# A couple pics of the Alpine doeling I just bought



## Saanens N Alpines (Oct 20, 2010)

I probably paid way too much for her. I hope she grows up to be worth it! She came out of an awesome doe with a close to perfect udder. Her sire was awesome and his mother had an awesome udder as well. She was supposed to be in the top 3 of the does born from a very nice herd this spring. The owners compete at nationals with their goats and had a doe take 5th place. I could have bought her baby for even more money, but they thought this one was just as nice.
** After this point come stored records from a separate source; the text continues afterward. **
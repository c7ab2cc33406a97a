ghost use Rattle.std.specs.Prelude.{◌≡◌, ◌<◌, ◌⊎◌, ℕ, List, length, slice_index_or};
ghost use Rattle.blk_base.specs.declared.place.Mapping.{Mapping};
ghost use Rattle.blk_base.specs.declared.place.Mapping.TheVariants.{Unmapped};
ghost use Rattle.page_codec.specs.declared.forms.PageHead.{PageHead};
ghost use Rattle.page_codec.specs.declared.fault.PageFault.{PageFault};
ghost use Rattle.page_codec.specs.PageBytes.{page_bytes};
ghost use Rattle.page_codec.specs.Grammar.{AreHeld, IsPage, IsHead, HasHead, IsSlot, IsSlotFault, IsPageFault, IsTorn, IsFrom};

use blk_base::PAGE_SLOTS;

/// A block is a page exactly where each of its slots says a mapping, and the page has these mappings.
pub fn a_page_is_its_slots()
    ensures slots { (head : PageHead) (block : List ℕ) (mappings : List Mapping) (slot : ℕ) →
        IsPage head block mappings → slot < PAGE_SLOTS
        → IsSlot head block slot (slice_index_or mappings slot Unmapped) }
    ensures page { (head : PageHead) (block : List ℕ) (mappings : List Mapping) →
        length block ≡ 4096 → length mappings ≡ PAGE_SLOTS
        →
        ((slot : ℕ) → slot < PAGE_SLOTS →
        IsSlot head block slot (slice_index_or mappings slot Unmapped)) →
        IsPage head block mappings }
{}

/// A slot says one mapping or has one fault. A block is one page or has one fault, and begins as one page of one image
/// at one block.
pub fn bytes_have_one_reading()
    ensures heads { (h h' : PageHead) (block : List ℕ) → IsHead h → IsHead h' → HasHead h block →
        HasHead h' block
        → (h.geometry.nonce ≡ h'.geometry.nonce) × (h.at ≡ h'.at) × (h.page ≡ h'.page) }
    ensures slots { (head : PageHead) (block : List ℕ) (slot : ℕ) (m m' : Mapping) →
        IsSlot head block slot m → IsSlot head block slot m' → m ≡ m' }
    ensures pages { (head : PageHead) (block : List ℕ) (ms ms' : List Mapping) →
        IsPage head block ms → IsPage head block ms' → ms ≡ ms' }
    ensures slot_faults { (head : PageHead) (block : List ℕ) (slot : ℕ) (m : Mapping)
        (fault : PageFault)
        → IsSlot head block slot m → IsSlotFault head block slot fault → ⊥ }
    ensures page_faults { (head : PageHead) (block : List ℕ) (ms : List Mapping) (fault : PageFault)
        → IsPage head block ms → IsPageFault head block fault → ⊥ }
    ensures one_fault { (head : PageHead) (block : List ℕ) (fault fault' : PageFault)
        → IsPageFault head block fault → IsPageFault head block fault' → fault ≡ fault' }
{}

/// A page that the format can hold is read back as it was written.
pub fn what_is_written_is_read()
    ensures { (head : PageHead) (mappings : List Mapping) →
        AreHeld head.geometry head.page.level mappings →
        IsPage head (page_bytes head mappings) mappings }
{}

/// A stop within the write of a page leaves in each sector the bytes before or the new ones. A slot whose bytes are all
/// from one of the two pages says what it says there, or has the fault that it has there.
pub fn a_torn_page_keeps_whole_slots()
    ensures { (head : PageHead) (old new block page : List ℕ) (slot : ℕ) → HasHead head old →
        HasHead head new → IsTorn old new block
        → (page ≡ old) ⊎ (page ≡ new) → slot < PAGE_SLOTS → IsFrom page block slot
        → ((m : Mapping) → IsSlot head page slot m → IsSlot head block slot m)
        ×
        ((fault : PageFault) → IsSlotFault head page slot fault →
        IsSlotFault head block slot fault) }
{}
Her mom is a sundgau which I would love to have someday!


----------



## Saanens N Alpines (Oct 20, 2010)

Oh, and they listed her as cou blanc on the papers I have to send in. I am very new to Alpines, but would have thought she was cou clair as her neck looks more gray to me.


----------



## Calico Patch Farm (Mar 8, 2011)

She's pretty! Hope she turns out to be nice for you. Sorry but I don't really know about the color thing either... :wink:


----------



## JessaLynn (Aug 30, 2009)

She's a pretty litte thing  Flashy! No she's cou blanc.
COU BLANC (coo blanc) - literally "white neck" white front quarters and black hindquarters with black or gray markings on the head.


----------



## Saanens N Alpines (Oct 20, 2010)

okay..here is my buckling. Is he cou clair, or cou blanc as well? He is darker. They have the same sire BTW.


----------



## peggy (Aug 11, 2010)

Awwwww, I am in love, she is beautiful. Nice and long and level. Your boy is cute too.


----------



## StaceyRosado (Oct 5, 2007)

pretty doeling 

buck is cou clair


----------



## lissablack (Nov 30, 2009)

They both look like beautiful kids to me.

Jan


----------



## FunnyRiverFarm (Sep 13, 2008)

She's a beauty! Congrats on the new purchase


----------



## Saanens N Alpines (Oct 20, 2010)

Thanks everyone. I think I have it straight on the cou clair and cou blanc then. There isn't a lot of difference, and with the cou blanc I still saw some light gray in there, but she is more white than he is. Alpines are so fun to breed because it's always a surprise as to what is going to come out! Especially this year for us since our doe had that little Saanen doeling along with an Alpine buck. We didn't think the Saanen buckling had gotten to her and bred her to an Alpine the next morning. Out came a little white doe and a cou clair buck. I'm naming the doe Mercy me, since I was so surprised.


----------